Records to use

//! Declarators (C90 6.5.4, 6.5.5).

ghost use Rattle.std.specs.Prelude.{◌≡◌, ◌≢◌, Ok, IfErr};
ghost use Rattle.std.specs.Option.{option_or};
ghost use Rattle.pw_parse_grammar.specs.Declarators as spec;
ghost use Rattle.pw_parse_grammar.specs.Input.{Input};
ghost use Rattle.pw_parse_cursor.specs.Reads.{Reads};
ghost use Rattle.pw_parse_declarators.specs.Rests as own;
ghost use Rattle.pw_parse_declarators.specs.Suffixes.{before_suffixed, name_first, parameters_last, suffixed_first, view_behind_name, view_cored, view_names};
ghost use Rattle.pw_parse_cursor.specs.PartViews.{view_behind, view_declared};
ghost use Rattle.pw_parse_declarators.specs.Views.{before_pointer, before_qualifier, parameter_first, view_parameters_end, view_pointer_list, view_qualifier_list};
ghost use Rattle.pw_tree.specs.Trees.{Enclosed};
ghost use Rattle.pw_tree.specs.Views.{view_core, view_declarator, view_parameters, view_pointer, view_suffix};

use pw_parse_cursor::{
    Binding, CONDITIONAL, Declared, SmallerParts, Stop, Tokens, begins_specifier, boxed_expr,
    declare_name, has_type, opens_parameters, qualifier_word, some_specifiers,
};
use pw_parse_grammar::Place;
use pw_tree::{
    Core, Declarator, Lexeme, Mark, Parameter, Pointer, Qualifier, Suffix, Word,
    declarators_show_their_lists,
};
use std::alloc::Global;

/// An identifier of a list, and its bytes in the text.
#[derive(Drop)]
struct ListedName<'a> {
    word: Word,
    text: &'a [u8],
}

/// A list of identifiers, and what it declares.
#[derive(Drop)]
struct Names<'a> {
    words: Vec<Word>,
    bindings: Vec<Binding<'a>>,
}

/// A suffix, and what it declares where it is a list of parameters.
#[derive(Drop)]
struct Suffixed<'a> {
    suffix: Suffix,
    bindings: Vec<Binding<'a>>,
}

/// Suffixes, and what the first declares.
#[derive(Drop)]
struct SuffixList<'a> {
    found: Vec<Suffix>,
    first: Option<Vec<Binding<'a>>>,
}

/// The core of a declarator, with the declared name and what the list of parameters behind it declares.
#[derive(Drop)]
struct Cored<'a> {
    core: Core,
    name: Option<&'a [u8]>,
    behind: Option<Vec<Binding<'a>>>,
}

fn needs_name(place: Place) -> bool
    ensures { result ≡ spec.needs_name place }
{
    matches!(place, Place::Named)
}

What to do
Whenever a line of the material holds the word "Option", copy it out.

Answer to the exercise
ghost use Rattle.std.specs.Option.{option_or};
    first: Option<Vec<Binding<'a>>>,
    name: Option<&'a [u8]>,
    behind: Option<Vec<Binding<'a>>>,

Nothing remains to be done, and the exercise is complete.